The trials and tribulations of having to use an average, western public bathroom.
While travel certainly does broaden the mind I’d say that the most prominent development that I’ve taken away from it all is my appreciation for an average toilet. I’ve trekked through the jungle on the back of an Elephant, I’ve sailed down river on a bamboo raft and I’ve seen some of the most architecturally stunning temples in the world but out of everything; I appreciate an average toilet the most of all.
People in England just love to complain, it’s a large part of the British condition – if it’s not the weather or having to go to work on Monday morning it’s the condition of our public toilets. You know the ones: with four walls, separate stalls and clean running water. The loo’s where you don’t have to awkwardly squat over a hole in the ground with your pants off out of fear of making a mess.
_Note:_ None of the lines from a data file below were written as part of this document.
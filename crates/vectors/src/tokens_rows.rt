use crate::rows::{failing, holds, owned_words};
use morpheus_top::morpheus;
use project_store::{MemorySink, MemoryStore, SureSink, SureStore};
use std::alloc::{AllocError, Global};
use std::test::Fail;
use text_edits::{Files, SourceFile};

const PROJECT: &str = "features = [\"A\", \"B\"]
[[unit]]
file = \"m.c\"
";

const WHERE_A: &str = "features = [\"A\", \"B\"]
[[unit]]
file = \"m.c\"
when = \"A\"
";

const WITH_B: &str = "features = [\"A\", \"B\"]
constraints = [\"B\"]
[[unit]]
file = \"m.c\"
when = \"A\"
";

const MACROS: &str = "#define x x + 1
#define f(a) a * 2
int v = f(f(x));
";

const OPEN_COMMENT: &str = "int main(void) { return 0; }
/* open
";

/// A command `tokens p.toml m.c NAMES`, and what it answers.
#[derive(Clone, Copy, Debug)]
struct Row {
    project: &'static str,
    unit: &'static str,
    names: &'static str,
    /// The number of the call on the store that fails, or 0.
    failing_store: u32,
    /// The number of the call on the sink that fails, or 0.
    failing_sink: u32,
    status: u8,
    printed: &'static str,
}

const REPLACED: Row = Row {
    project: PROJECT,
    unit: MACROS,
    names: "-",
    failing_store: 0,
    failing_sink: 0,
    status: 0,
    printed: "int\nv\n=\nx\n+\n1\n*\n2\n*\n2\n;\n",
};

const REFUSED: Row = Row {
    unit: OPEN_COMMENT,
    status: 9,
    printed: "not accepted preprocess\n",
    ..REPLACED
};

const ABSENT: Row = Row {
    project: WHERE_A,
    unit: "int x;\n",
    status: 9,
    printed: "not present\n",
    ..REPLACED
};

/// What isn't admitted comes first, whatever else is wrong.
const NOT_ADMITTED: Row = Row {
    project: WITH_B,
    unit: OPEN_COMMENT,
    status: 9,
    printed: "not admitted\n",
    ..REPLACED
};

const FEATURE: Row = Row {
    unit: "A\nB\n",
    names: "B",
    printed: "A\n1\n",
    ..REPLACED
};

const UNKNOWN: Row = Row {
    names: "C",
    status: 2,
    printed: "usage\n",
    ..REPLACED
};

const UNIT_UNREAD: Row = Row {
    failing_store: 2,
    status: 3,
    printed: "read fault\n",
    ..REPLACED
};

const SINK_FAILS: Row = Row {
    failing_sink: 1,
    status: 6,
    printed: "",
    ..REPLACED
};

const ROWS: [Row; 8] = [
    REPLACED,
    REFUSED,
    ABSENT,
    NOT_ADMITTED,
    FEATURE,
    UNKNOWN,
    UNIT_UNREAD,
    SINK_FAILS,
];

fn file(alloc: Global, name: &str, text: &str) -> Result<SourceFile, AllocError> {
    Ok(SourceFile {
        name: String::from_str(alloc, name)?,
        bytes: Vec::from_slice(alloc, text.as_bytes())?,
    })
}

/// The project file and the unit's.
fn files_of(alloc: Global, row: &Row) -> Result<Files, AllocError> {
    let mut list = Vec::new(alloc);
    list.push(file(alloc, "p.toml", row.project)?)?;
    list.push(file(alloc, "m.c", row.unit)?)?;
    Ok(Files { list })
}

/// What a row's command answered, and what of the rest is as wanted.
#[derive(Clone, Copy, Debug, PartialEq, Eq)]
struct Outcome {
    status: u8,
    is_printed: bool,
    is_kept: bool,
}

/// Carries out a row's command.
fn carried_out(alloc: Global, row: &Row) -> Result<Outcome, AllocError> {
    let words = owned_words(alloc, &["tokens", "p.toml", "m.c", row.names])?;
    let files = files_of(alloc, row)?;
    let mut store = MemoryStore::new(alloc, files, failing(alloc, row.failing_store)?);
    let mut out = MemorySink::new(alloc, failing(alloc, row.failing_sink)?);
    let status = morpheus(alloc, &words, &mut store, &mut out);
    let is_kept = holds(&store, "p.toml", Some(row.project))
        && holds(&store, "m.c", Some(row.unit));
    Ok(Outcome {
        status,
        is_printed: out.bytes() == row.printed.as_bytes(),
        is_kept,
    })
}

#[test]
fn each_row_has_its_answer(rt: HostRuntime) -> Result<(), Fail> {
    for row in &ROWS {
        let wanted = Outcome {
            status: row.status,
            is_printed: true,
            is_kept: true,
        };
        assert_eq!(rt; carried_out(rt.alloc(), row)?, wanted);
    }
    Ok(())
}

#[test]
fn told_room_suffices(rt: HostRuntime) -> Result<(), Fail> {
    let alloc = rt.alloc();
    let words = owned_words(alloc, &["tokens", "p.toml", "m.c", "B"])?;
    let mut store = SureStore::new(alloc, files_of(alloc, &FEATURE)?, 0, 0)?;
    let mut out = SureSink::new(alloc, 4)?;
    assert_eq!(rt; morpheus(alloc, &words, &mut store, &mut out), 0);
    assert_eq!(rt; out.bytes(), b"A\n1\n".as_slice());
    Ok(())
}
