//! Identifiers that name members.
ghost use Rattle.std.specs.Prelude.{◌≡◌, ℕ, Bool, Option, ◌∷◌, ◌++◌, Some, IfOk};
ghost use Rattle.cond_formula.specs.Conditions.{condition_of, value};
ghost use Rattle.c_text.specs.Token.{plain_token};
ghost use Rattle.bindings.specs.Bindings as bindings;
ghost use Rattle.conditional.specs.Entries.{seen, under, first, entries_of, listed};
ghost use Rattle.selections.specs.Selections.{structure_named, with_identifier};
ghost use Rattle.cond_selections.specs.Selected.{structure_number, plain_selection};
ghost use Rattle.cond_selections.specs.Progress.{ShowsStructure, one_selection, Logs};

use crate::entries::{Selection, Structure};
use crate::structures::Structures;
use c_text::Token;
use c_tree::{Terminal, terminal};
use cond_formula::{Formula, NoMemory};
use conditional::{CondList, Guarded, when_some_hold};
use conditional_steps::both_of;
use reduced_conditions::{is_never, without};
use std::alloc::Global;

/// One selection more, where the condition is true.
fn push(when: Formula, selection: Selection, log: &mut CondList<Selection>) -> Result<(), NoMemory>
    ensures { IfOk result (λ _. (on : ℕ → Bool) → seen on (listed plain_selection log.new) ≡ seen on (listed plain_selection log.old) ++ under (value on (condition_of when)) (one_selection (plain_token selection.name) (Some selection.structure))) }
{
    if is_never(&when) {
        return Ok(());
    }
    log.push(when, selection)?;
    Ok(())
}

/// An identifier that selects in the first of these structs that is there.
fn push_first(
    alloc: Global,
    when: &Formula,
    structures: &[Guarded<Structure>],
    name: &Token,
    log: &mut CondList<Selection>,
) -> Result<(), NoMemory>
    ensures { IfOk result (λ _. (on : ℕ → Bool) → seen on (listed plain_selection log.new)
        ≡ seen on (listed plain_selection log.old) ++ under (value on (condition_of when.now)) (one_selection (plain_token name.now) (first (seen on (entries_of structure_number structures.now))))) }
{
    let mut left = when.try_clone(alloc)?;
    for structure in structures {
        let here = both_of(alloc, &left, &structure.when)?;
        let selection = Selection {
            name: name.try_clone(alloc)?,
            structure: structure.what.number,
        };
        push(here, selection, log)?;
        left = without(alloc, left, &structure.when)?;
    }
    Ok(())
}

/// An identifier that selects in this struct, if in any.
fn push_selection(
    alloc: Global,
    when: Formula,
    structures: &Structures,
    name: &Token,
    log: &mut CondList<Selection>,
) -> Result<(), NoMemory>
    ensures { IfOk result (λ _. (on : ℕ → Bool) (owner : Option ℕ) → ShowsStructure on owner structures.now → seen on (listed plain_selection log.new)
        ≡ seen on (listed plain_selection log.old) ++ under (value on (condition_of when)) (one_selection (plain_token name.now) owner)) }
{
    let refused = when_some_hold(alloc, &structures.refused.entries)?;
    let here = without(alloc, when, &refused)?;
    push_first(alloc, &here, &structures.fine.alternatives, name, log)?;
    Ok(())
}

fn is_name(token: &Token) -> bool
    ensures { result ≡ bindings.is_name (plain_token token.now) }
{
    Terminal::Name.is(terminal(token))
}

/// A token of a node that selects in this struct, which it names a member of where the second condition is true.
pub(crate) fn push_token(
    alloc: Global,
    when: &Formula,
    turned: &Formula,
    structures: &Structures,
    token: &Token,
    log: &mut CondList<Selection>,
) -> Result<(), NoMemory>
    ensures { IfOk result (λ _. (on : ℕ → Bool) (owner : Option ℕ) (number : ℕ) → ShowsStructure on owner structures.now
        → Logs (value on (condition_of when.now)) (λ behind. record { number = Some number; text = plain_token token.now } ∷ behind)
        (with_identifier (plain_token token.now) (structure_named owner (value on (condition_of turned.now))))
        (seen on (listed plain_selection log.old)) (seen on (listed plain_selection log.new))) }
{
    if !is_name(token) {
        return Ok(());
    }
    let here = both_of(alloc, when, turned)?;
    push_selection(alloc, here, structures, token, log)?;
    Ok(())
}
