//! Streams of the projects of the cases, and the trees of all configurations that are made of them: in each admitted configuration,
//! whatever is asked of their conditions, they are what preprocessing and parsing give there.
ghost use Rattle.std.specs.Prelude.{◌≡◌, ◌<◌, ◌≤◌, map, length, All};
ghost use Rattle.text_edits.specs.Files.{plain_files};
ghost use Rattle.project_file.specs.View.{project_view};
ghost use Rattle.project_store.specs.Reads.{names_of};

use anyhow::{Context, Result};
use c_text::Token;
use choice_parser::{Parsed, parse_all};
use cond_formula::{Config, Oracle, PlainOracle};
use cond_pp::preprocess_all;
use cond_tokens::CondStream;
use plain_pp::{PpError, preprocess};
use project_store::{MemoryStore, Project, read_files, read_project};
use std::alloc::{AllocError, Global};
use std::fs;
use std::rt::Files as FileAccess;
use text_edits::Files;
use tree_comparisons::{Comparison, compared};
use vector_cases::{Case, Output, copy_of};
use verdict_query::ModelOracle;

/// The most features whose configurations are all looked at: those of the features behind them have them off.
const MOST_FEATURES: usize = 7;

/// What a stage of all configurations and its twin say of one.
#[derive(Clone, Copy, Debug, PartialEq, Eq)]
enum Agreement {
    Same,
    BothRefuse,
    Differ,
}

/// Units in configurations.
#[derive(Clone, Copy, Debug)]
struct Tally {
    same: u32,
    refused: u32,
    different: u32,
}

impl Tally {
    fn new() -> Tally {
        Tally {
            same: 0,
            refused: 0,
            different: 0,
        }
    }

    /// Counts one more.
    fn count(&mut self, agreement: Agreement) {
        let counted = match agreement {
            Agreement::Same => &mut self.same,
            Agreement::BothRefuse => &mut self.refused,
            Agreement::Differ => &mut self.different,
        };
        *counted = counted.saturating_add(1);
    }

    fn show<R: Print>(&self, rt: &R, what: &str, same_what: &str, file: &str) -> Result<()> {
        let Tally {
            same,
            refused,
            different,
        } = *self;
        println!(rt;
            "{what} of {file}: {same} have the same {same_what}, {refused} are refused by both, {different} differ"
        )?;
        Ok(())
    }
}

/// Streams beside tokens, and forests beside trees.
#[derive(Clone, Copy, Debug)]
struct Tallies {
    streams: Tally,
    forests: Tally,
}

/// What is read of a unit in all configurations.
#[derive(Drop)]
struct Readings {
    stream: CondStream,
    parsed: Parsed,
}

/// A project with its files, and the place of a unit among its units.
#[derive(Clone, Copy)]
struct ProjectUnit<'a> {
    project: &'a Project,
    files: &'a Files,
    unit: u32,
}

/// The tokens that are present in the configuration.
fn seen(alloc: Global, stream: &CondStream, c: Config) -> Result<Vec<&Token>, AllocError> {
    let mut tokens = Vec::new(alloc);
    for entry in &stream.tokens {
        if entry.when.value(c) {
            tokens.push(&entry.token)?;
        }
    }
    Ok(tokens)
}

/// Whether the tokens are spelled alike and come from the same places.
fn are_same(tokens: &[Token], others: &[&Token]) -> bool {
    tokens.len() == others.len()
        && tokens.iter().zip(others).all(|(token, other)| token.same_spelling(other)
            && token.origin == other.origin)
}

/// Compares the trees of all configurations with the tree of the tokens in one.
fn compare_trees(
    alloc: Global,
    tokens: &[Token],
    parsed: &Parsed,
    c: Config,
) -> Result<Agreement, AllocError> {
    if tokens.len() >= u32::MAX as usize {
        return Err(AllocError);
    }
    match compared(alloc, tokens, parsed, c)? {
        Comparison::SameTree => Ok(Agreement::Same),
        Comparison::BothRefuse => Ok(Agreement::BothRefuse),
        _ => Ok(Agreement::Differ),
    }
}

/// The trees of a stream in all configurations.
fn parsed<O: Oracle>(
    alloc: Global,
    stream: &CondStream,
    oracle: &mut O,
) -> Result<Parsed, AllocError> {
    if stream.tokens.len() >= u32::MAX as usize {
        return Err(AllocError);
    }
    parse_all(alloc, stream, oracle)
}

impl ProjectUnit<'_> {
    fn compare(
        &self,
        alloc: Global,
        readings: &Readings,
        c: Config,
        tallies: &mut Tallies,
    ) -> Result<bool, AllocError>
        requires there { self.now.unit < length self.now.project.now.units.items }
        requires named { map (λ f. f.name) (plain_files self.now.files.now) ≡ names_of (project_view self.now.project.now) }
        requires short { All (λ f. length f.bytes ≤ 4294967295) (plain_files self.now.files.now) }
        requires few { length self.now.files.now.list.items < 4294967295 }
    {
        let refused = readings.stream.refused.value(c);
        match preprocess(alloc, self.project, self.files, self.unit, c) {
            Ok(tokens) => {
                if refused || !are_same(&tokens, &seen(alloc, &readings.stream, c)?) {
                    tallies.streams.count(Agreement::Differ);
                    return Ok(false);
                }
                tallies.streams.count(Agreement::Same);
                let trees = compare_trees(alloc, &tokens, &readings.parsed, c)?;
                tallies.forests.count(trees);
                Ok(trees != Agreement::Differ)
            }
            Err(PpError::Refused(_, _)) => {
                let agreement = if refused {
                    Agreement::BothRefuse
                } else {
                    Agreement::Differ
                };
                tallies.streams.count(agreement);
                Ok(refused)
            }
            Err(PpError::Memory) => Err(AllocError),
        }
    }

    /// Compares what comes of this oracle in each admitted configuration, and prints where it differs.
    fn compare_all<R: Print + AllocGlobal, O: Oracle>(
        &self,
        rt: &R,
        oracle: &mut O,
        label: &str,
        tallies: &mut Tallies,
    ) -> Result<()>
        requires there { self.now.unit < length self.now.project.now.units.items }
        requires named { map (λ f. f.name) (plain_files self.now.files.now) ≡ names_of (project_view self.now.project.now) }
        requires short { All (λ f. length f.bytes ≤ 4294967295) (plain_files self.now.files.now) }
        requires few { length self.now.files.now.list.items < 4294967295 }
    {
        let alloc: Global = rt.alloc();
        let stream = preprocess_all(alloc, self.project, self.files, self.unit, oracle)?;
        let parsed = parsed(alloc, &stream, oracle)?;
        let readings = Readings { stream, parsed };
        let configurations = 1u128 << self.project.features.len().min(MOST_FEATURES);
        for bits in 0..configurations {
            let c = Config { bits };
            if !self.project.model.admits(c) {
                continue;
            }
            if !self.compare(alloc, &readings, c, tallies)? {
                let unit = self.unit;
                println!(rt; "{label}: unit {unit} differs in configuration {bits}")?;
            }
        }
        Ok(())
    }
}

fn compare_units<R: Print + AllocGlobal>(
    rt: &R,
    project: &Project,
    files: &Files,
    label: &str,
    tallies: &mut Tallies,
) -> Result<()>
    requires named { map (λ f. f.name) (plain_files files.now) ≡ names_of (project_view project.now) }
    requires short { All (λ f. length f.bytes ≤ 4294967295) (plain_files files.now) }
    requires few { length files.now.list.items < 4294967295 }
{
    for number in 0..project.units.len() {
        let it = ProjectUnit {
            project,
            files,
            unit: number as u32,
        };
        it.compare_all(rt, &mut PlainOracle, label, tallies)?;
        let mut oracle = ModelOracle::new(rt.alloc(), &project.model);
        it.compare_all(rt, &mut oracle, label, tallies)?;
    }
    Ok(())
}

/// Compares the units of a case's project, where it has one whose files are there.
fn compare<R: Print + AllocGlobal>(
    rt: &R,
    case: &Case,
    label: &str,
    tallies: &mut Tallies,
) -> Result<()> {
    let alloc: Global = rt.alloc();
    let mut store = MemoryStore::new(alloc, copy_of(alloc, &case.files)?, Vec::new(alloc));
    let Some(name) = case.words.get(1) else {
        return Ok(());
    };
    let Ok(project) = read_project(alloc, &mut store, name) else {
        return Ok(());
    };
    let Ok(files) = read_files(alloc, &mut store, &project) else {
        return Ok(());
    };
    if files.list.len() >= u32::MAX as usize {
        return Ok(());
    }
    compare_units(rt, &project, &files, label, tallies)
}

/// Compares the streams and forests of all projects of a file of cases, and prints how many agree.
pub(crate) fn run<R: FileAccess + Print + AllocGlobal>(rt: &R, file: &'static str) -> Result<()> {
    let alloc: Global = rt.alloc();
    let text = fs::read_to_string(rt, file).context(file)?;
    let mut tallies = Tallies {
        streams: Tally::new(),
        forests: Tally::new(),
    };
    let mut number: u32 = 0;
    for line in text.lines() {
        number = number.saturating_add(1);
        let case = Case::read(alloc, Output::Nothing, line)?;
        let label = format!(in alloc; "{file}:{number}")?;
        compare(rt, &case, &label, &mut tallies)?;
    }
    tallies.streams.show(rt, "streams", "tokens", file)?;
    tallies.forests.show(rt, "forests", "tree", file)
}
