//! In which structs the expressions of a forest select members, in all configurations at once.
#![tactic(auto)]

mod entries;
mod names;
mod structures;
mod walks;

pub use entries::{Selection, Structure};
pub use walks::push_selections;
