use crate::rows::{failing, files_of, holds, owned_words};
use morpheus_top::morpheus;
use project_store::{MemorySink, MemoryStore, SureSink, SureStore};
use std::alloc::{AllocError, Global};
use std::test::Fail;

const PROJECT: &str = "features = [\"A\", \"B\"]
constraints = ['A || B']
[[unit]]
file = \"m.c\"
";

const TWICE: &str = "features = [\"A\", \"A\"]
[[unit]]
file = \"m.c\"
";

/// A command `admit p.toml`, and what it answers.
#[derive(Clone, Copy, Debug)]
struct Row {
    /// What stands in `p.toml`, if it is there.
    content: Option<&'static str>,
    /// The number of the call on the store that fails, or 0.
    failing_store: u32,
    /// The number of the call on the sink that fails, or 0.
    failing_sink: u32,
    status: u8,
    printed: &'static str,
}

const LEAST: Row = Row {
    content: Some(PROJECT),
    failing_store: 0,
    failing_sink: 0,
    status: 0,
    printed: "admits B\n",
};

const FAULT: Row = Row {
    content: Some(TWICE),
    failing_store: 0,
    failing_sink: 0,
    status: 5,
    printed: "bad project: duplicate A\n",
};

const NO_FILE: Row = Row {
    content: None,
    failing_store: 0,
    failing_sink: 0,
    status: 3,
    printed: "read fault\n",
};

const READ_FAILS: Row = Row {
    content: Some(PROJECT),
    failing_store: 1,
    failing_sink: 0,
    status: 3,
    printed: "read fault\n",
};

const SINK_FAILS: Row = Row {
    content: Some(PROJECT),
    failing_store: 0,
    failing_sink: 1,
    status: 6,
    printed: "",
};

const ROWS: [Row; 5] = [LEAST, FAULT, NO_FILE, READ_FAILS, SINK_FAILS];

/// What a row's command answered, and what of the rest is as wanted.
#[derive(Clone, Copy, Debug, PartialEq, Eq)]
struct Outcome {
    status: u8,
    is_printed: bool,
    is_kept: bool,
}

/// Carries out a row's command.
fn carried_out(alloc: Global, row: &Row) -> Result<Outcome, AllocError> {
    let words = owned_words(alloc, &["admit", "p.toml"])?;
    let files = files_of(alloc, "p.toml", row.content)?;
    let mut store = MemoryStore::new(alloc, files, failing(alloc, row.failing_store)?);
    let mut out = MemorySink::new(alloc, failing(alloc, row.failing_sink)?);
    let status = morpheus(alloc, &words, &mut store, &mut out);
    Ok(Outcome {
        status,
        is_printed: out.bytes() == row.printed.as_bytes(),
        is_kept: holds(&store, "p.toml", row.content),
    })
}

#[test]
fn each_row_has_its_answer(rt: HostRuntime) -> Result<(), Fail> {
    for row in &ROWS {
        let wanted = Outcome {
            status: row.status,
            is_printed: true,
            is_kept: true,
        };
        assert_eq!(rt; carried_out(rt.alloc(), row)?, wanted);
    }
    Ok(())
}

#[test]
fn told_room_suffices(rt: HostRuntime) -> Result<(), Fail> {
    let alloc = rt.alloc();
    let words = owned_words(alloc, &["admit", "p.toml"])?;
    let files = files_of(alloc, "p.toml", Some(PROJECT))?;
    let mut store = SureStore::new(alloc, files, 0, 0)?;
    let mut out = SureSink::new(alloc, 9)?;
    assert_eq!(rt; morpheus(alloc, &words, &mut store, &mut out), 0);
    assert_eq!(rt; out.bytes(), b"admits B\n".as_slice());
    Ok(())
}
Of course I understand that it’s not nice having to wipe a strangers wee off the seat before you sit down to do your business but let’s be realistic here: it could be much, much worse! I have seen things that I would not even wish upon my worst enemies. This is why I believe it is so important for everyone to experience a little bit of travelling in their lifetime – never mind the culture, cuisine and comradery; it’s all about the water closet conditions.
I am at a point in my life where I can quite happily do my business anywhere! After taking a dump in a hole in the ground in a rickety old outhouse on the edge of a lake in a rainforest in Southern Thailand at 3’oclock in the morning there is literally nowhere that I won’t take my business – I’m sorry, what’s that? The toilets in your local pub “stink of piss”? How traumatising that must be for you! Now try wiping your arse in the dark whilst simultaneously trying to ignore the lingering potentiality of being attacked by an exotic rat-sized spider of some description (not to mention the Mozzies) – it’s much harder than you think!
It’s all about perspective! Of course I understand the whole “freedom of speech” argument; we all have a right to moan – all I am saying is that perhaps some of us should exercise that right a little sparingly. You know the type: Those fussy buggers who insist that they can only have a poo in the comfort of their own homes, walking around with a face on because they’re so backed up, making everyone else’s lives miserable! Go on, take a risk and use a public bathroom once in a while!
If you can do your business in a single, sealed cubicle with your own personal porcelain throne, toilet roll and clean running water then the odds are that you’ll be able to make it out alive.